> **PROVIDED ENTRIES**
= = = =

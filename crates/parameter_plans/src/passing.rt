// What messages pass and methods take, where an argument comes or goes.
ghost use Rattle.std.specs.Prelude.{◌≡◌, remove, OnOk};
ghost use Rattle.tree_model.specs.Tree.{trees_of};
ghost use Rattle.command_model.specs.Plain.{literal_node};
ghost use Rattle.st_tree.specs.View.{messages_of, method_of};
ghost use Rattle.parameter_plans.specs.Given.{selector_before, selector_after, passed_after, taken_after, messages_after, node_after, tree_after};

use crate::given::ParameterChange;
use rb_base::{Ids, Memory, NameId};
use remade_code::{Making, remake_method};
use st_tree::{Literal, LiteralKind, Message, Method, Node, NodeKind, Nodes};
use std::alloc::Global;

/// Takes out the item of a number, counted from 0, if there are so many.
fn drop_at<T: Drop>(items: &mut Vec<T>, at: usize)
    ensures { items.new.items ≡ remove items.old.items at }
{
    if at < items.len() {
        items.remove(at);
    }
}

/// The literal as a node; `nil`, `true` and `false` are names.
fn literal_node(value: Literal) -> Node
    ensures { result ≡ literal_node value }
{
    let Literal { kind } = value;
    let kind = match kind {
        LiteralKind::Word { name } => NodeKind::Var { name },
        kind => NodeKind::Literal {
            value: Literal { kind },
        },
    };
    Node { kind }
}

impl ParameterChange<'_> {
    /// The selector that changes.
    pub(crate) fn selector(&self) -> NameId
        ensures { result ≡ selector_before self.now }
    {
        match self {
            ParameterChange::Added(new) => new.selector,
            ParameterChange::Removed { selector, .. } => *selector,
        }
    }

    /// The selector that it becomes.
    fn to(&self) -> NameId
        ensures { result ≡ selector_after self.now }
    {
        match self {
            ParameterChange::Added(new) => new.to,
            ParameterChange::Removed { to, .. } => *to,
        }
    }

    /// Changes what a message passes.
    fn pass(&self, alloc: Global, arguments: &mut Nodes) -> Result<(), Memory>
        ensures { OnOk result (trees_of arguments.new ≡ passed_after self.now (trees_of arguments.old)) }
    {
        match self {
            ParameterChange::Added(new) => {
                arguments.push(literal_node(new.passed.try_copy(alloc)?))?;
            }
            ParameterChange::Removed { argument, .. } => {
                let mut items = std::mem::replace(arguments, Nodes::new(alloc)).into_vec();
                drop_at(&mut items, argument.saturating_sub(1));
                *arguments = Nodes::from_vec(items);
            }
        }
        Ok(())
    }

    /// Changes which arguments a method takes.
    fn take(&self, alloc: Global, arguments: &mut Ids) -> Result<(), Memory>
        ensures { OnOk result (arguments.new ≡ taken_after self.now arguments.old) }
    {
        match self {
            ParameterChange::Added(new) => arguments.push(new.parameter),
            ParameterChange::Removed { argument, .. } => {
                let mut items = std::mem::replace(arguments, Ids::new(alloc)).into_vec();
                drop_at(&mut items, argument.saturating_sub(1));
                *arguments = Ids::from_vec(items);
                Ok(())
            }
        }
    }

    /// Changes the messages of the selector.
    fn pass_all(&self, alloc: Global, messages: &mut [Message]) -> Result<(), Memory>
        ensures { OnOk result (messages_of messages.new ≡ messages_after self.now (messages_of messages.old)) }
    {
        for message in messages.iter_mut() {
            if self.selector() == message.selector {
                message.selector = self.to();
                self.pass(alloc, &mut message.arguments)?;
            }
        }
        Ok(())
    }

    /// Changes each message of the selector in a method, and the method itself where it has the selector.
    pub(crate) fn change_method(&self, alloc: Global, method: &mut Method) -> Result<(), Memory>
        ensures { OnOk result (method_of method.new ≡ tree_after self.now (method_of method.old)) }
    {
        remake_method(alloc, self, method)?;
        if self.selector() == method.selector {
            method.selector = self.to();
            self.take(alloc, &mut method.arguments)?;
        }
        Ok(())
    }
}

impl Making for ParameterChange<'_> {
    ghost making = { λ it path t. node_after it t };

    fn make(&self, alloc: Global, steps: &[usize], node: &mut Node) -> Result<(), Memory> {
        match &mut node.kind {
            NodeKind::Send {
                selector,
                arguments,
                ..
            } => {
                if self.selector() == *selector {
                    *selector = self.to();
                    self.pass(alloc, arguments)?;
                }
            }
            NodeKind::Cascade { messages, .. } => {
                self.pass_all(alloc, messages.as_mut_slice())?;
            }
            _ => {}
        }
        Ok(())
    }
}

= = = =

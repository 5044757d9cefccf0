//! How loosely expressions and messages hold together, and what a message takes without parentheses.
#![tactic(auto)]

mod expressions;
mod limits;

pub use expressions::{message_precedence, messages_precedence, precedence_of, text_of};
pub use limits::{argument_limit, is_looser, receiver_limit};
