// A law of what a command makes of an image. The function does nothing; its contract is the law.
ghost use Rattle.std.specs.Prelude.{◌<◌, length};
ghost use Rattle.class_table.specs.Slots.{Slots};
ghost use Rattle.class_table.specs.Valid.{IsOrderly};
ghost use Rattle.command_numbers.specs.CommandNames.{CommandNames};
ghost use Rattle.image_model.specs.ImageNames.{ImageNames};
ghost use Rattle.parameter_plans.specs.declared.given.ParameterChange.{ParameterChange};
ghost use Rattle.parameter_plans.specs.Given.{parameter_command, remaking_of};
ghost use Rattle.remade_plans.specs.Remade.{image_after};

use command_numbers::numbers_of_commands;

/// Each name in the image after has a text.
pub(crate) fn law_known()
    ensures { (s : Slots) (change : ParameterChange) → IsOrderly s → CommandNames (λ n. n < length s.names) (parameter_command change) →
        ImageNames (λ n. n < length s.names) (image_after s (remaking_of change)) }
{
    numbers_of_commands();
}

= = = =

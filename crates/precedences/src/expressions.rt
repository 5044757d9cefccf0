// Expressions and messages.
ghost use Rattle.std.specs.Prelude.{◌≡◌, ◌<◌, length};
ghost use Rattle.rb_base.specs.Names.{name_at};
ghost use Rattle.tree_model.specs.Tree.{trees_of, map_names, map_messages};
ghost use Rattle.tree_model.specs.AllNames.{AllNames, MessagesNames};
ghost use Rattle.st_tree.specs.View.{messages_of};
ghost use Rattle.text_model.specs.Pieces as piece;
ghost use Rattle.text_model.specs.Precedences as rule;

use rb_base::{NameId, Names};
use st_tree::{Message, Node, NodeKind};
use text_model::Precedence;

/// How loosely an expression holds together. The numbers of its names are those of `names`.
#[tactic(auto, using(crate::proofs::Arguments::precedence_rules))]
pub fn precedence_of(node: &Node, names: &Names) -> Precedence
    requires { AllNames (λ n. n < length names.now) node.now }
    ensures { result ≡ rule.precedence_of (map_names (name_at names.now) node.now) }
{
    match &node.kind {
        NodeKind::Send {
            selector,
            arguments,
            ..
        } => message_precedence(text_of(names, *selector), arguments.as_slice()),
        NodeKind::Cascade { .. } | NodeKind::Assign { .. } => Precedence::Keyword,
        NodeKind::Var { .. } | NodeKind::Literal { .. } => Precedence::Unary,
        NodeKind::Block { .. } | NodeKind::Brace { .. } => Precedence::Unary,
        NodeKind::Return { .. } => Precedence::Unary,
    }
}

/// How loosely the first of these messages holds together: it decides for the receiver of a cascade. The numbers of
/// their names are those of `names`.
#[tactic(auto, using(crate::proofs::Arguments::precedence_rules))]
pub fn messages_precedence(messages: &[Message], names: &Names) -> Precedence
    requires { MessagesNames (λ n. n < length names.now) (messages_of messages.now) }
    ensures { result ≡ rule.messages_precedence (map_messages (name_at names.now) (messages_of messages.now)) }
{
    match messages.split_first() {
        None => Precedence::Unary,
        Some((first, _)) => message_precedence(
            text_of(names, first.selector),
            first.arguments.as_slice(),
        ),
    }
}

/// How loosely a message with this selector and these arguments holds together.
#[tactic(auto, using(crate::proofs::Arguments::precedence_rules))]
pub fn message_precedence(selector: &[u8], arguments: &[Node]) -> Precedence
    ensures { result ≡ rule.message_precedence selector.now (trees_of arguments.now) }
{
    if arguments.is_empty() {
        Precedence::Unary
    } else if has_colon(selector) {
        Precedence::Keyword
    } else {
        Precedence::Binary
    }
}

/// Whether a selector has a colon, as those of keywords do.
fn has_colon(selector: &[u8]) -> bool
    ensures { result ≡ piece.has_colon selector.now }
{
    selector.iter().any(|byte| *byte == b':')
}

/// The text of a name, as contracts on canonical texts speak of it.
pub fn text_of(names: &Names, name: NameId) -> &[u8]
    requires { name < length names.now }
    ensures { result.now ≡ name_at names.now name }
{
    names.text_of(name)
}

= = = =

> **TASK ITEM**
Would you print exactly, and only, the lines of the data above from the line with "are so many." through the line with "let kind = match", inclusive?

> **TASK OUTPUT**
/// Takes out the item of a number, counted from 0, if there are so many.
fn drop_at<T: Drop>(items: &mut Vec<T>, at: usize)
    ensures { items.new.items ≡ remove items.old.items at }
{
    if at < items.len() {
        items.remove(at);
    }
}

/// The literal as a node; `nil`, `true` and `false` are names.
fn literal_node(value: Literal) -> Node
    ensures { result ≡ literal_node value }
{
    let Literal { kind } = value;
    let kind = match kind {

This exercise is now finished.